How Australia Day matters to us here

Friday is Australia Day. Why bother about that? Because Australia is part of us and what Australia does has great importance for us.

Australia is part of our history and culture. British interests were administered from New South Wales before the Treaty of Waitangi and New Zealand was at the federation talks. We share a great deal in language, institutions and British heritage. We share people. We down tools with Australians to watch the Melbourne Cup, as if it was ours (and it often is).

Australia and New Zealand have often fought together against others. Though we have also sometimes disagreed on how and whom to fight, most of us would see an attack on Australia as an attack on this country. We have joint interests in the stability of our neighbourhood in the South Pacific and south-east Asia.

The Australian economy is an extension of the New Zealand economy and vice-versa. We have a vested interest in Australia doing well because then we do better.

Australia is, as Prime Minister after Prime Minister intones, this country’s most important foreign relationship. But we are also so much “family” that “foreign” will not by itself describe the connection.

Australia is big in our lives as no other country is.

So Australia Day is also our day. We need not ascribe musical or lyrical merit to Waltzing Matilda. Nor need we wear flaglike shirts and hats and face paint as the couple on the official Australia Day website home page do. But we can vicariously take heart from Australians’ self-assurance reflected in the website.

And then we can be modestly different.

Iraq is a case in point. John Howard roared into Iraq with George Bush’s neoconservatives and shares responsibility for the disaster they have wrought — for the United States, the Middle East and the world — by their pursuit of a blinkered version of United States’ interests with blinkered stratagems.

Jim Anderton was right to liken it to Vietnam, which drained Americans’ confidence and turned them inwards. Bush’s wreckage has weakened the United States’ capability for good in the world, much as the Vietnam quagmire did.

Of course, there are differences between Iraq and Vietnam and Winston Peters pounced on them. But there is also a dismal parallel which is deeply worrying for those who think, as most New Zealanders instinctively do, that a strong and sensible United States is vital to global stability and balance.

Howard is complicit in the Iraq fiasco. Helen Clark is not. Voters would long ago have roasted her if she was. This, too, bears remembering on Australia Day.

So Australia Day is not only our day but also not our day.

It is a day to celebrate the immense fortune our big next-door “family” enjoys and its value to us. But it is also a day to remember that our big next-door “foreigner” is at times a discomfort.

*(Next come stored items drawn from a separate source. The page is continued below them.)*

// The whole run.
ghost use Rattle.std.specs.Prelude.{◌≡◌, ◌≤◌, ◌<◌, ◌^◌, ◌+◌, ◌++◌, ◌∷◌, [], ℕ, List, Option, Some, drop, length, vec_len, IfOk, OnOk};
ghost use Rattle.store_object.specs.Store.{Store};
ghost use Rattle.schedules.specs.Living.{HasStarted};
ghost use Rattle.type_tree.specs.declared.tree.TExpr.{TExpr as TheType};
ghost use Rattle.interaction.specs.Object.{live_threads};
ghost use Rattle.interaction.specs.Run.{chosen};
ghost use Rattle.store_object.specs.Replay.{replayed, store};
ghost use Rattle.il_model.specs.ClassRules.{HasTypes, EachClass, HasFewSlots};
ghost use Rattle.type_inst.specs.Opening.{Extends};
ghost use Rattle.unshared.specs.Listed.{IsOnce, naming_of};
ghost use Rattle.store_object.specs.declared.ending.Ending.{Ending as TheEnding};
ghost use Rattle.unshared.specs.Reached.{AreFine, IsAt, IsReady, IsNoted, TurnedOrEnded, GoesOnOrEnds};
ghost use Rattle.unshared.specs.Took.{Moved};
ghost use Rattle.std.specs.List.{last_or};
ghost use Rattle.cil_verify.specs.Verifies.{IsVerified};
ghost use Rattle.schedules.specs.Numbers.{HasNumbers};
ghost use Rattle.il_model.specs.Accepted.{IsOfText};
ghost use Rattle.unshared.specs.Runs.{last_ending, IsMeant, IsSureEnding};

use crate::thread::{Thread, Turn, main_thread, started_thread};
use crate::trees::Trees;
use cil_verify::Verified;
use il_model::Program;
use mn_outside::{FaultCause, MachineFault, NoMemory};
use schedules::{Drawing, Started, ended_by};
use sqlite_items::Items;
use std::alloc::Global;
use store_object::{Chooser, Ending, Event, Reply, Request, World};
use type_tree::Tree;

/// A run of the plain meaning.
#[derive(Drop)]
pub struct Meant {
    /// The types that have numbers, each at its number.
    pub trees: Items<Tree>,
    /// The number drawn for each turn.
    pub schedule: Vec<u32>,
    /// The thread that took each turn.
    pub order: Vec<u32>,
    /// Each request with its reply, in order.
    pub history: Vec<Event>,
    pub ending: Ending,
}

// The end of a run that comes to a thread without a rule.
const NO_RULE: Ending = Ending::Fault {
    fault: MachineFault {
        pc: 0,
        cause: FaultCause::Break,
    },
};

fn note(list: &mut Vec<u32>, number: u32) -> Result<(), NoMemory>
    ensures { OnOk result (list.new.items ≡ list.old.items ++ number ∷ []) }
{
    match list.push(number) {
        Ok(()) => Ok(()),
        Err(_) => Err(NoMemory),
    }
}

fn put(threads: &mut Vec<Thread>, thread: Thread) -> Result<(), NoMemory>
    ensures { OnOk result (threads.new.items ≡ threads.old.items ++ thread ∷ []) }
{
    match threads.push(thread) {
        Ok(()) => Ok(()),
        Err(_) => Err(NoMemory),
    }
}

// A run so far.
#[derive(Drop)]
struct Run {
    trees: Trees,
    threads: Vec<Thread>,
    started: Started,
    world: World,
    schedule: Vec<u32>,
    order: Vec<u32>,
}

#[tactic(auto, using(crate::proofs::WholeLemmas::at_first))]
fn opening(alloc: Global, program: &Program) -> Result<Run, NoMemory>
    ensures { IfOk result (λ run. (ks : List ℕ) → IsAt program.now ks 0 run) }
{
    let mut threads = Vec::new(alloc);
    let thread = main_thread(alloc, program)?;
    put(&mut threads, thread)?;
    let started = Started::new(alloc)?;
    let world = World::new(alloc)?;
    Ok(Run {
        trees: Trees::new(alloc),
        threads,
        started,
        world,
        schedule: Vec::new(alloc),
        order: Vec::new(alloc),
    })
}

// One turn of the thread at a place.
fn turn_at(
    alloc: Global,
    program: &Program,
    threads: &mut Vec<Thread>,
    trees: &mut Trees,
    world: &mut World,
    thread: u32,
) -> Result<Turn, NoMemory>
    requires types { HasTypes program.now }
    requires slots { EachClass HasFewSlots program.now }
    requires once { IsOnce trees.old.kinds }
    requires fine { AreFine program.now threads.old.items trees.old.kinds }
    requires inside { thread < vec_len threads.old }
    ensures { IfOk result (Moved program.now thread threads.old.items threads.new.items trees.old.kinds trees.new.kinds world.old.history world.new.history) }
{
    let state = &mut threads[thread as usize];
    Ok(state.turn(alloc, program, trees, world, thread)?)
}

impl Run {
    // Notes a turn, with the number that was drawn for it and the thread that took it.
    fn note(&mut self, number: u32, thread: u32) -> Result<(), NoMemory>
        ensures { OnOk result (IsNoted number thread self.old self.new) }
    {
        note(&mut self.schedule, number)?;
        note(&mut self.order, thread)?;
        Ok(())
    }

    // One turn of a thread, which a number chose; whether it was one.
    fn turn(
        &mut self,
        alloc: Global,
        program: &Program,
        number: u32,
        thread: u32,
    ) -> Result<bool, NoMemory>
        requires types { HasTypes program.now }
        requires slots { EachClass HasFewSlots program.now }
        requires ready { IsReady program.now self.old }
        requires inside { thread < vec_len self.old.threads }
        ensures { IfOk result (λ made. (ks : List ℕ) (turns : ℕ) → IsAt program.now ks turns self.old →
            drop turns ks ≡ number ∷ drop (turns + 1) ks → chosen (live_threads store (replayed self.old.world.history)) number ≡ Some thread →
            TurnedOrEnded program.now ks turns self.new made) }
    {
        let turn = turn_at(
            alloc,
            program,
            &mut self.threads,
            &mut self.trees,
            &mut self.world,
            thread,
        )?;
        match turn {
            Turn::NoRule => Ok(false),
            Turn::Quiet => {
                self.note(number, thread)?;
                Ok(true)
            }
            Turn::Asked { event } => {
                self.started.follow(&event)?;
                self.note(number, thread)?;
                Ok(true)
            }
            Turn::Started { event, object } => {
                self.started.follow(&event)?;
                let begun = started_thread(alloc, program, object)?;
                put(&mut self.threads, begun)?;
                self.note(number, thread)?;
                Ok(true)
            }
        }
    }

    // The turn of the live thread that a number chooses. The end, if the run ends here.
    fn step(
        &mut self,
        alloc: Global,
        program: &Program,
        number: u32,
    ) -> Result<Option<Ending>, NoMemory>
        requires types { HasTypes program.now }
        requires slots { EachClass HasFewSlots program.now }
        requires ready { IsReady program.now self.old }
        ensures { IfOk result (λ (end : Option TheEnding). (ks : List ℕ) (turns : ℕ) → IsAt program.now ks turns self.old →
            drop turns ks ≡ number ∷ drop (turns + 1) ks → GoesOnOrEnds program.now ks turns self.new end) }
    {
        let Some(thread) = self.started.chosen(number)? else {
            return Ok(Some(ended_by(self.world.history())));
        };
        if self.turn(alloc, program, number, thread)? {
            Ok(None)
        } else {
            Ok(Some(NO_RULE))
        }
    }

    // The record, with this end.
    fn meant(self, alloc: Global, ending: Ending) -> Result<Meant, NoMemory>
        ensures trees { IfOk result (λ m. m.trees ≡ self.trees.kinds) }
        ensures few { IfOk result (λ m. length m.trees ≤ 2 ^ 32) }
        ensures schedule { IfOk result (λ m. m.schedule.items ≡ self.schedule.items) }
        ensures order { IfOk result (λ m. m.order.items ≡ self.order.items) }
        ensures history { IfOk result (λ m. m.history.items ≡ self.world.history) }
        ensures ending { IfOk result (λ m. m.ending ≡ ending) }
    {
        let Run {
            trees,
            threads: _,
            started: _,
            world,
            schedule,
            order,
        } = self;
        let trees = trees.into_items(alloc)?;
        Ok(Meant {
            trees,
            schedule,
            order,
            history: world.into_history(),
            ending,
        })
    }

    // The end where so many turns are made.
    #[tactic(auto, using(crate::proofs::LastLemmas::ends_none, crate::proofs::LastLemmas::ends_some))]
    fn last(&self) -> Result<Ending, NoMemory>
        ensures { IfOk result (λ ending. (s : Store) → HasStarted self.now.started s → ending ≡ last_ending self.now.world.history (live_threads store s)) }
    {
        match self.started.chosen(0)? {
            None => Ok(ended_by(self.world.history())),
            Some(_) => Ok(Ending::Turns),
        }
    }
}

// The run of a program whose types and slots are as they have to be.
fn runs(alloc: Global, program: &Program, chooser: &Chooser, turns: u32) -> Result<Meant, NoMemory>
    requires types { HasTypes program.now }
    requires slots { EachClass HasFewSlots program.now }
    requires enough { HasNumbers chooser.now turns }
    ensures { IfOk result (λ m. IsMeant program.now chooser.now turns m.trees m.schedule.items m.order.items m.history.items m.ending) }
{
    let mut run = opening(alloc, program)?;
    let mut drawing = Drawing::of(chooser);
    for _turn in 0..turns {
        let number = drawing.draw(chooser);
        if let Some(ending) = run.step(alloc, program, number)? {
            return Ok(run.meant(alloc, ending)?);
        }
    }
    let ending = run.last()?;
    Ok(run.meant(alloc, ending)?)
}

/// Runs a program by its written meaning: its processes take turns over the store, one for each number of the chooser,
/// until nobody lives or so many turns are made. A turn is one request with what is silent after it, or one
/// instruction that makes none. A list has at least as many numbers as there are turns. This project's own.
#[tactic(auto, using(crate::proofs::VerifiedLemmas::types_of, crate::proofs::VerifiedLemmas::slots_of))]
pub fn mean(
    alloc: Global,
    program: &Verified,
    chooser: Chooser,
    turns: u32,
) -> Result<Meant, NoMemory>
    requires verified { IsVerified program.now }
    requires enough { HasNumbers chooser turns }
    ensures meant { IfOk result (λ m. IsMeant program.now.program chooser turns m.trees m.schedule.items m.order.items m.history.items m.ending) }
    // A program that some text is accepted as never comes to a thread without a rule.
    ensures sure { IsOfText program.now.program → IfOk result (λ m. IsSureEnding m.ending) }
{
    Ok(runs(alloc, program.program(), &chooser, turns)?)
}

Hence Peters’ Vietnam outburst. Even if, according to substrate rumblings, Australia’s foreign affairs grandees do not (yet) rate him, Peters has clearly grasped Australia’s critical importance. His growls at Anderton needed to be the official Wellington word heard in Canberra.

Likewise Peters’ about-face on the two countries’ joint therapeutics agency.

His party had backed small local producers and retailers of complementary medicines and diet supplements whose products will be more intrusively and expensively policed, in some cases to the extent of putting them out of business.

Annette King’s compromise bill subsidises their costs of complying with the new regime, which reflects Australia’s predilection for prescriptive regulation — a predilection which periodically causes tension because New Zealand generally prefers lighter mechanisms (as in the rejection in 2005 of a joint banking and finance industry regime similar to Australia’s).

But, whatever the therapeutics regime’s rights or wrongs, Canberra has made it clear to Peters that there is far more at stake than the agency alone. (In fact, for those selling into Australia and for the multinational pharmaceutical companies, it will reduce total regulatory costs.)

What is at stake is goodwill. There is much to gain for New Zealand and significant gains for Australia in pooling scientific and technical expertise in these sorts of fields. At the peak governance level on the therapeutics agency each country has one voice, a large Australian concession. Rejecting the agency would discourage Australia from committing the bureaucratic time to similar future joint agencies.

More important, the hard word in Canberra is that it would potentially make it harder to get traction on other elements of the putative single economic market. It would make us more “foreign” in Canberra on matters in which we need to be “family”.

Understanding Australia is, correctly, top of John Key’s foreign policy swotting agenda. His first big exam in Canberra will be whether he swings National behind King’s bill at the second reading.

Something to ponder over the Australian bubbly on Friday.